You wonder why I’m babbling on, wasn’t this meant to be in celebration of my mams life. I’m sure you are saying it wasn’t much of a life, but that’s not for you to judge. Let me tell you the funny things I remember about her and why I celebrate her life like this. She loved yellow, all things yellow! We had yellow or gold curtains – in every room, yellow flowers everywhere, yellow cups, yellow towels; she and I wore yellow clothes, and my dad the odd yellow shirt. Our dinner service was yellow, and all the paintwork was yellow too. The house was bright and summery in the darkest winter, and in the worst times of her illness. She sang at every opportunity. At every TV program, whether there was signing in it or not, when she was well she would sing when she spoke to you, if she was on her own it kept her company. She was quite short, and petite enough for me to pick up and hug whenever I came home, like a little doll really, delicate and made of china. Her faith was a big part of her life, and this again gave her the opportunity to sing.
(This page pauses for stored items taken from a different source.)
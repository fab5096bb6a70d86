// The words of a command line, each with what it is for.
ghost use Rattle.std.specs.Prelude.{◌≡◌};
ghost use Rattle.cli.specs.Options.{option_of};
ghost use Rattle.cli.specs.Scan.{step_of, option_step, scan_from, words_of, Scans};
ghost use Rattle.cli.specs.declared.scan.ScanError.TheVariants.{Memory};

use crate::line::Given;
use crate::options::{Kind, Program};
use std::alloc::{AllocFailed, Global};

#[derive(Clone, Copy, PartialEq, Eq, Debug, Drop)]
pub enum ScanError<'a> {
    Unknown(&'a str),
    NoValue(Kind),
    Memory,
}

impl<'a, T: Drop> From<AllocFailed<T>> for ScanError<'a> {
    ghost from_gives = { λ _ e. e ≡ Memory };

    fn from(_error: AllocFailed<T>) -> ScanError<'a> {
        ScanError::Memory
    }
}

// What the next word is.
#[derive(Clone, Copy)]
pub enum Expects {
    Word,
    ValueOf(Kind),
    // after "--" no word is an option
    Operand,
}

// What a word is given for, if it is for anything, and what comes next.
#[derive(Clone, Copy)]
pub struct Step {
    given: Option<Kind>,
    then: Expects,
}

fn next_step(program: Program, expects: Expects, word: &str) -> Option<Step>
    ensures { result ≡ step_of program expects word.now }
{
    match expects {
        Expects::ValueOf(kind) => Some(Step {
            given: Some(kind),
            then: Expects::Word,
        }),
        Expects::Operand => Some(Step {
            given: Some(Kind::Operand),
            then: Expects::Operand,
        }),
        Expects::Word => word_step(program, word),
    }
}

fn word_step(program: Program, word: &str) -> Option<Step>
    ensures { result ≡ step_of program Expects.Word word.now }
{
    if word == "--" {
        return Some(Step {
            given: None,
            then: Expects::Operand,
        });
    }
    if !word.starts_with('-') {
        return Some(Step {
            given: Some(Kind::Operand),
            then: Expects::Word,
        });
    }
    option_step(program, word)
}

fn option_step(program: Program, word: &str) -> Option<Step>
    ensures { result ≡ option_step program (option_of word.now) }
{
    let kind = Kind::of(word)?;
    if !program.takes(kind) {
        return None;
    }
    if kind.takes_value() {
        return Some(Step {
            given: None,
            then: Expects::ValueOf(kind),
        });
    }
    Some(Step {
        given: Some(kind),
        then: Expects::Word,
    })
}

// The words after the program's own name.
pub fn scan<'a>(
    heap: Global,
    program: Program,
    words: &'a [String],
) -> Result<Vec<Given<'a>>, ScanError<'a>>
    ensures value { Scans result (scan_from program Expects.Word (words_of words.now)) }
{
    let mut all = Vec::new(heap);
    let mut expects = Expects::Word;
    for word in words {
        let text = word.as_str();
        let step = next_step(program, expects, text).ok_or(ScanError::Unknown(text))?;
        if let Some(kind) = step.given {
            all.push(Given { kind, text })?;
        }
        expects = step.then;
    }
    if let Expects::ValueOf(kind) = expects {
        return Err(ScanError::NoValue(kind));
    }
    Ok(all)
}
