// What the words of a command line give.
ghost use Rattle.std.specs.Prelude.{◌≡◌, map, length};
ghost use Rattle.cli.specs.Line.{item, texts};

use crate::options::Kind;
use std::marker::Model;

// A word with what it is for: an option's value, an option that takes none, or a file.
#[derive(Clone, Copy)]
pub struct Given<'a> {
    pub kind: Kind,
    pub text: &'a str,
}

// Everything that is given, in the order of the words.
#[derive(Drop)]
pub struct CommandLine<'l, 'a> {
    given: &'l [Given<'a>],
}

impl<'l, 'a> Model for CommandLine<'l, 'a> {
    ghost use Rattle.std.specs.Prelude.{List, map};
    ghost use Rattle.cli.specs.Line.{Item, item};

    ghost Value = { List Item };

    ghost view = { λ line. map item line.given.now };
}

impl<'l, 'a> CommandLine<'l, 'a> {
    pub fn of(given: &'l [Given<'a>]) -> CommandLine<'l, 'a>
        ensures value { result ≡ map item given.now }
    {
        CommandLine { given }
    }

    // How much is given.
    pub fn len(&self) -> usize
        ensures value { result ≡ length self.now }
    {
        self.given.len()
    }

    // What is given of one kind.
    pub fn texts(&self, kind: Kind) -> Texts<'l, 'a>
        ensures value { result ≡ texts kind self.now }
    {
        Texts {
            left: self.given,
            kind,
        }
    }
}

// The texts of one kind, in the order of the words.
#[derive(Drop)]
pub struct Texts<'l, 'a> {
    left: &'l [Given<'a>],
    kind: Kind,
}

impl<'l, 'a> Model for Texts<'l, 'a> {
    ghost use Rattle.std.specs.Prelude.{List, ℕ, map};
    ghost use Rattle.cli.specs.Line.{item, texts};

    ghost Value = { List (List ℕ) };

    ghost view = { λ it. texts it.kind (map item it.left.now) };
}

impl<'l, 'a> Iterator for Texts<'l, 'a> {
    ghost use Rattle.std.specs.Iterator.{YieldsFirstRef, item_count};

    type Item = &'a str;

    ghost next_gives = { YieldsFirstRef (λ rest. rest) };

    ghost remaining = { item_count (λ rest. rest) };

    fn next(&mut self) -> Option<&'a str> {
        let left = self.left;
        let kind = self.kind;
        let at = left.iter().position(|one| one.kind == kind)?;
        self.left = &left[at + 1..];
        Some(left[at].text)
    }
}
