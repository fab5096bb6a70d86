// Hexadecimal digits.
ghost use Rattle.std.specs.Prelude.{◌≡◌};
ghost use Rattle.cli.specs.Hex.{digit, unhex_32};

// The value of a digit.
fn nibble(b: u8) -> Option<u8>
    ensures { result ≡ digit b }
{
    let value = char::from(b).to_digit(16)?;
    Some(value as u8)
}

// 32 bytes from 64 digits.
pub fn unhex32(digits: &[u8]) -> Option<[u8; 32]>
    ensures value { result ≡ unhex_32 digits.now }
{
    if digits.len() != 64 {
        return None;
    }
    let mut bytes = [0; 32];
    // The digits may be a key's: the loop counts to a public number, and no iterator runs over them.
    for i in 0..32usize {
        let high = nibble(digits[2 * i])?;
        let low = nibble(digits[2 * i + 1])?;
        bytes[i] = high * 16 + low;
    }
    Some(bytes)
}
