// The encryption context of a command line, in the order of the names' bytes.
ghost use Rattle.std.specs.Prelude.{◌≡◌, true, [], map};
ghost use Rattle.cli.specs.Context.{pair_of, rising, Adds};
ghost use Rattle.cli.specs.declared.context.AddError.TheVariants.{Memory};

use octets::less;
use std::alloc::{AllocFailed, Global};
use std::marker::Model;

#[derive(Clone, Copy)]
pub struct Pair<'a> {
    pub name: &'a str,
    pub value: &'a str,
}

#[derive(Clone, Copy, PartialEq, Eq, Debug, Drop)]
pub enum AddError {
    // the name is there already
    Twice,
    Memory,
}

impl<T: Drop> From<AllocFailed<T>> for AddError {
    ghost from_gives = { λ _ e. e ≡ Memory };

    fn from(_error: AllocFailed<T>) -> AddError {
        AddError::Memory
    }
}

// Puts a pair among pairs in any order, before the first whose name isn't below its own; it is refused where that one has its name.
// The library's search from the front is right for any order, where one that halves would be for pairs in order alone. Names are
// compared as bytes by `less`, which takes fewer steps at short names than the order of texts.
pub fn add_pair<'a>(pairs: &mut Vec<Pair<'a>>, pair: Pair<'a>) -> Result<(), AddError>
    ensures value { Adds (pair_of pair.entry) (map pair_of pairs.old.items) result (map pair_of pairs.new.items) }
{
    let place = pairs
        .iter()
        .position(|one| !less(one.name.as_bytes(), pair.name.as_bytes()))
        .unwrap_or(pairs.len());
    if place < pairs.len() && pairs[place].name == pair.name {
        return Err(AddError::Twice);
    }
    pairs.insert(place, pair)?;
    Ok(())
}

// Pairs in order, each name once.
#[derive(Drop)]
pub struct Context<'a> {
    pairs: Vec<Pair<'a>>,
}

impl<'a> Model for Context<'a> {
    ghost use Rattle.std.specs.Prelude.{◌≡◌, true, List, map};
    ghost use Rattle.cli.specs.Context.{NamedValue, pair_of, rising};

    ghost Value = { List NamedValue };

    ghost view = { λ context. map pair_of context.pairs.items };

    ghost invariant = { λ context. rising (map pair_of context.pairs.items) ≡ true };
}

impl<'a> Context<'a> {
    #[tactic(auto, unfolding(crate::specs::Context::rising))]
    pub fn new(heap: Global) -> Context<'a>
        ensures value { result ≡ [] }
    {
        Context {
            pairs: Vec::new(heap),
        }
    }

    pub fn pairs(&self) -> &[Pair<'a>]
        ensures value { map pair_of result.now ≡ self.now }
        ensures order { rising self.now ≡ true }
    {
        self.pairs.as_slice()
    }

    // The pairs themselves, for whoever goes on with a list.
    pub fn into_pairs(self) -> Vec<Pair<'a>>
        ensures value { map pair_of result.items ≡ self.entry }
        ensures order { rising (map pair_of result.items) ≡ true }
    {
        let Context { pairs } = self;
        pairs
    }

    // Puts a pair in its place; a name that is there already is refused.
    pub fn add(&mut self, pair: Pair<'a>) -> Result<(), AddError>
        ensures value { Adds (pair_of pair.entry) self.old result self.new }
    {
        add_pair(&mut self.pairs, pair)
    }
}
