/// What is said by a log that is made from the beginning.
fn judge_whole(
    alloc: Global,
    program: &Program,
    steps: u64,
    statement: Statement,
) -> Result<Judgement, NoMemory>
    requires candidate { IsCandidate (source_of program.now) statement }
    requires short { length (program_text program.now) ≤ 67108864 }
    ensures { IfOk result (IsJudged (source_of program.now) steps statement) }
{
    let candidate = program.with_statement(alloc, statement)?;
    let problem = problem_by(alloc, Version::Two, &candidate)?;
    let mut log = LogWriter::new();
    let mut text = SureSink::new(alloc);
    match write_first_lines(alloc, &candidate, &mut log, &mut text) {
        Ok(()) => judge_chains(alloc, &problem, steps, log, text),
        Err(error) => opened(error),
    }
}

/// The same, where its first lines are written.
fn judge_chains(
    alloc: Global,
    problem: &Problem,
    steps: u64,
    mut log: LogWriter,
    mut text: SureSink,
) -> Result<Judgement, NoMemory>
    requires ready { HasReadyItems problem.now }
    requires writable { CanWrite Full problem.now.steps
        (conditions_from Full problem.now 0 [] [] steps) log.size }
    ensures { IfOk result (IsSaid problem.now.steps
        (conditions_from Full problem.now 0 [] [] steps) (state log (Some text) 0)) }
{
    let mut numbers = KnownRows::new(alloc)?;
    let mut budget = Budget { left: steps };
    match work(
        alloc,
        Frame::Full,
        problem,
        &mut numbers,
        &mut budget,
        &mut log,
        &mut text,
    ) {
        Ok(verdict) => Ok(judgement_of(verdict, text)),
        Err(error) => opened(error),
    }
}

/// What is said by a log that is put together from what the figure has, where that is enough and
/// within the limit of its text.
fn judge_shared(
    alloc: Global,
    program: &Program,
    figure: &mut Figure,
    statement: Statement,
    goal: &Goal,
) -> Result<Option<Judgement>, NoMemory>
    requires candidate { IsCandidate (source_of program.now) statement }
    requires short { length (program_text program.now) ≤ 67108864 }
    requires figure { IsFigureOf (source_of program.now) figure.old }
    requires goal { IsGoalOf (source_of program.now) statement goal.now }
    ensures judged { IfOk result (λ judgement. IfSome judgement
        (IsJudged (source_of program.now) figure.old.steps statement)) }
    ensures figure { OnOk result (IsFigureOf (source_of program.now) figure.new) }
    ensures steps { figure.new.steps ≡ figure.old.steps }
{
    let candidate = program.with_statement(alloc, statement)?;
    let mut log = LogWriter::new();
    let mut text = SureSink::new(alloc);
    match write_first_lines(alloc, &candidate, &mut log, &mut text) {
        Ok(()) => judge_behind(alloc, program, figure, statement, goal, log, text),
        Err(_) => Ok(None),
    }
}

/// The same, where its first lines are written.
fn judge_behind(
    alloc: Global,
    program: &Program,
    figure: &mut Figure,
    statement: Statement,
    goal: &Goal,
    mut log: LogWriter,
    mut text: SureSink,
) -> Result<Option<Judgement>, NoMemory>
    requires candidate { IsCandidate (source_of program.now) statement }
    requires figure { IsFigureOf (source_of program.now) figure.old }
    requires goal { IsGoalOf (source_of program.now) statement goal.now }
    requires first { Writes (program_lines (with_statement (source_of program.now) statement))
        (first_state (Some []) 0) (state log (Some text) 0) }
    ensures judged { IfOk result (λ judgement. IfSome judgement
        (IsJudged (source_of program.now) figure.old.steps statement)) }
    ensures figure { OnOk result (IsFigureOf (source_of program.now) figure.new) }
    ensures steps { figure.new.steps ≡ figure.old.steps }
{
    match &figure.conditions {
        Worked::Met {
            text: again,
            lines,
            left,
        } => match log.write_again(&mut text, *lines, again.bytes()) {
            Ok(()) => {
                let judgement = judge_written(
                    alloc,
                    &figure.problem.steps,
                    goal,
                    *left,
                    &mut figure.findings,
                    &mut figure.numbers,
                    log,
                    text,
                )?;
                Ok(Some(judgement))
            }
            Err(_) => Ok(None),
        },
        Worked::Stopped { error, bytes } if log.has_room(*bytes) => {
            Ok(Some(Judgement::Open(*error)))
        }
        _ => Ok(None),
    }
}

/// What is said of a goal by a log whose lines are not written, where so many steps are left, the
/// goal is not proved and the text is surely within the limit. What the chains of the conditions
/// have shown stays as it is.
fn judge_unwritten(
    alloc: Global,
    steps: &Steps,
    goal: &Goal,
    left: u64,
    findings: &mut Findings,
    numbers: &mut KnownRows,
    mut log: LogWriter,
) -> Option<Judgement>
    requires ready { All (IsItemReady steps.now goal.now.terms.nodes) goal.now.goals }
    requires numbers { AreKnownRows steps.now numbers.old }
    requires nonzero { NoneZero findings.old.ends }
    requires bounded { (bytes : ℕ) × (log.size ≡ Size.Bounded bytes) }
    ensures said { (size : Size) (held : List ℕ) (bytes : ℕ) → log.size ≡ Size.Bounded bytes
        → bytes_of size ≤ bytes → IfSome result (IsSaid steps.now (goals_from Full steps.now goal.now.terms.nodes
        goal.now.goals 0 findings.old.known findings.old.ends left)
        (record { lines = log.lines; size = size; held = Some held; faults = 0 })) }
    ensures numbers { AreKnownRows steps.now numbers.new }
    ensures known { findings.new.known ≡ findings.old.known }
    ensures ends { findings.new.ends ≡ findings.old.ends }
{
    let mut nothing = SureSink::new(alloc);
    let verdict = work_goal(
        alloc,
        steps,
        goal,
        left,
        findings,
        numbers,
        &mut log,
        &mut nothing,
    );
    unwritten_judgement(verdict)
}

/// What is said by a log that is not written, where that needs no text.
fn unwritten_judgement(verdict: Result<Verdict, ProveError>) -> Option<Judgement>
    ensures { result ≡ unwritten_judgement verdict }
{
    match verdict {
        Ok(Verdict::False(_)) => Some(Judgement::Fails),
        Err(ProveError::Spent { line }) => Some(Judgement::Open(ProveError::Spent { line })),
        Err(ProveError::TooLarge { line, which }) => {
            Some(Judgement::Open(ProveError::TooLarge { line, which }))
        }
        _ => None,
    }
}

/// The same by a log that is written behind the lines that it has.
fn judge_written(
    alloc: Global,
    steps: &Steps,
    goal: &Goal,
    left: u64,
    findings: &mut Findings,
    numbers: &mut KnownRows,
    mut log: LogWriter,
    mut text: SureSink,
) -> Result<Judgement, NoMemory>
    requires ready { All (IsItemReady steps.now goal.now.terms.nodes) goal.now.goals }
    requires numbers { AreKnownRows steps.now numbers.old }
    requires nonzero { NoneZero findings.old.ends }
    requires writable { CanWrite Full steps.now (goals_from Full steps.now goal.now.terms.nodes
        goal.now.goals 0 findings.old.known findings.old.ends left) log.size }
    ensures said { IfOk result (IsSaid steps.now (goals_from Full steps.now goal.now.terms.nodes
        goal.now.goals 0 findings.old.known findings.old.ends left)
        (state log (Some text) 0)) }
    ensures numbers { AreKnownRows steps.now numbers.new }
    ensures known { findings.new.known ≡ findings.old.known }
    ensures ends { findings.new.ends ≡ findings.old.ends }
{
    match work_goal(
        alloc, steps, goal, left, findings, numbers, &mut log, &mut text,
    ) {
        Ok(verdict) => Ok(judgement_of(verdict, text)),
        Err(error) => opened(error),
    }
}

/// Makes the log of a goal behind what it has, where so many steps are left. What the chains of the
/// conditions have shown stays as it is.
fn work_goal(
    alloc: Global,
    steps: &Steps,
    goal: &Goal,
    left: u64,
    findings: &mut Findings,
    numbers: &mut KnownRows,
    log: &mut LogWriter,
    text: &mut SureSink,
) -> Result<Verdict, ProveError>
    requires ready { All (IsItemReady steps.now goal.now.terms.nodes) goal.now.goals }
    requires numbers { AreKnownRows steps.now numbers.old }
    requires nonzero { NoneZero findings.old.ends }
    requires writable { CanWrite Full steps.now (goals_from Full steps.now goal.now.terms.nodes
        goal.now.goals 0 findings.old.known findings.old.ends left) log.old.size }
    ensures ok { IfOk result (λ verdict. (rest : ℕ) × Finishes
        (goals_from Full steps.now goal.now.terms.nodes goal.now.goals 0 findings.old.known findings.old.ends left)
        (state log.old (Some text.old) 0) (state log.new (Some text.new) 0) verdict rest) }
    ensures err { IfErr result (Halts Full steps.now
        (goals_from Full steps.now goal.now.terms.nodes goal.now.goals 0 findings.old.known findings.old.ends left)
        (state log.old (Some text.old) 0) (state log.new (Some text.new) 0)) }
    ensures numbers { AreKnownRows steps.now numbers.new }
    ensures known { findings.new.known ≡ findings.old.known }
    ensures ends { findings.new.ends ≡ findings.old.ends }
{
    let shown = findings.ends.items.len();
    let mut budget = Budget { left };
    let verdict = work_rest(
        alloc,
        Frame::Full,
        steps,
        &goal.terms,
        &goal.goals,
        findings,
        numbers,
        &mut budget,
        log,
        text,
    );
    findings.ends.items.truncate(shown);
    verdict
}
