// The calls. A refused one leaves the pool as it is.
ghost use Rattle.std.specs.Prelude.{◌≡◌};
ghost use Rattle.pools.specs.Pools.{opening, reserving, settling};
ghost use Rattle.pools.specs.Views.{state_of, state_made};
ghost use Rattle.pools.specs.Laws.{Reserved, Settled};

use crate::MOST_STEPS;
use crate::fault::PoolFault;
use crate::grant::Grant;
use crate::pool::{Pool, Unsettled};

impl Pool {
    // All free; the first grant has this number.
    pub fn new(size: u64, first: u32) -> Result<Pool, PoolFault>
        ensures { state_made result ≡ opening size first }
    {
        if size > MOST_STEPS || first == 0 {
            return Err(PoolFault::OutOfRange);
        }
        Ok(Pool {
            size,
            free: size,
            last: first - 1,
        })
    }

    pub fn size(&self) -> u64
        ensures { result ≡ (state_of self.now).size }
    {
        self.size
    }

    pub fn free(&self) -> u64
        ensures { result ≡ (state_of self.now).free }
    {
        self.free
    }

    // Takes the amount out of what is free. A refusal uses no number.
    pub fn reserve(&mut self, amount: u64) -> Result<Grant, PoolFault>
        ensures value { (result, state_of self.new) ≡ reserving (state_of self.old) amount }
        ensures means { Reserved (state_of self.old) amount result (state_of self.new) }
    {
        if amount > MOST_STEPS {
            return Err(PoolFault::OutOfRange);
        }
        if self.last == u32::MAX {
            return Err(PoolFault::NumbersGiven);
        }
        if amount > self.free {
            return Err(PoolFault::AboveFree);
        }
        self.free -= amount;
        self.last += 1;
        Ok(Grant::new(self.last, amount))
    }

    // Puts the grant's amount back and uses it up, whichever pool gave it.
    pub fn settle(&mut self, grant: Grant) -> Result<(), Unsettled>
        ensures value { (result, state_of self.new) ≡ settling (state_of self.old) grant }
        ensures means { Settled (state_of self.old) grant result (state_of self.new) }
    {
        if grant.amount() > self.size - self.free {
            return Err(Unsettled {
                fault: PoolFault::AboveSize,
                grant,
            });
        }
        self.free += grant.amount();
        grant.spend();
        Ok(())
    }
}
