// Demand 3 over the two calls: what a certificate claims of two runs of its table. One function makes the three calls,
// and its contract is the claim.
#![tactic(auto)]

ghost use Rattle.call.specs.Call.{lent, left};
ghost use Rattle.guarantee.specs.Guarantee.{Guarantees};

use certificate::certify;
use circuit::refusal::Refusal;
use machine::bench;

// The answers of a certifying call and of two bench calls.
#[derive(Clone, Copy)]
pub struct Answers {
    pub certified: Result<u32, Refusal>,
    pub first: Result<(), Refusal>,
    pub second: Result<(), Refusal>,
}

// Certifies a table and runs two lists of stimuli on it. Each call is made whatever the others answer, and has its own
// output and scratch.
pub fn two_runs(
    table: &[u8],
    certificate: &mut [u8],
    scratch: &mut [u16],
    stimuli1: &[u8],
    values1: &mut [u32],
    scratch1: &mut [u16],
    stimuli2: &[u8],
    values2: &mut [u32],
    scratch2: &mut [u16],
) -> Answers
    ensures { Guarantees
        (lent table.now certificate.old scratch.old)
        (left certificate.new scratch.new)
        stimuli1.now
        (lent table.now values1.old scratch1.old)
        (left values1.new scratch1.new)
        stimuli2.now
        (lent table.now values2.old scratch2.old)
        (left values2.new scratch2.new) result }
{
    let certified = certify(table, certificate, scratch);
    let first = bench(table, stimuli1, values1, scratch1);
    let second = bench(table, stimuli2, values2, scratch2);
    Answers {
        certified,
        first,
        second,
    }
}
My most favorite story was just before she passed away, her last Christmas with us. As a family we had decided to go for Christmas to Bruge on a coach. The family consisted of my soon to be fiancé, his parents, and his granny. We thought that granny and my mam would get on well, so we asked them to share a room to which they agreed. After a long journey there fraught with a few disasters, we finally arrived in Bruges. I wasn’t surprised at her enthusiasm; she tried everything under the sun. The strange food – jellied ells being one of them. We had a great few days, we loved the time together as a family, and we were all so pleased that mam and granny had got on so well. The last morning came; we went to check out, my father in law preparing to pay the room bills. He nearly fell over at how much theirs was! They had a great time, afternoon tea in the room each day, they had drunk the mini bar dry – on more than one occasion – and had room service each night before going to bed, sandwiches cake you name it! They thought it was all free, and so made the most of it. Of course we never told either one of them, and every time we reminisce about the past – that story comes out without fail.

And the photo at the top of the page, yes that’s my lovely mam, on the holiday in Bruges, at the Christmas dinner table, with a cigarette in her mouth. No she didn’t smoke but she did on that holiday!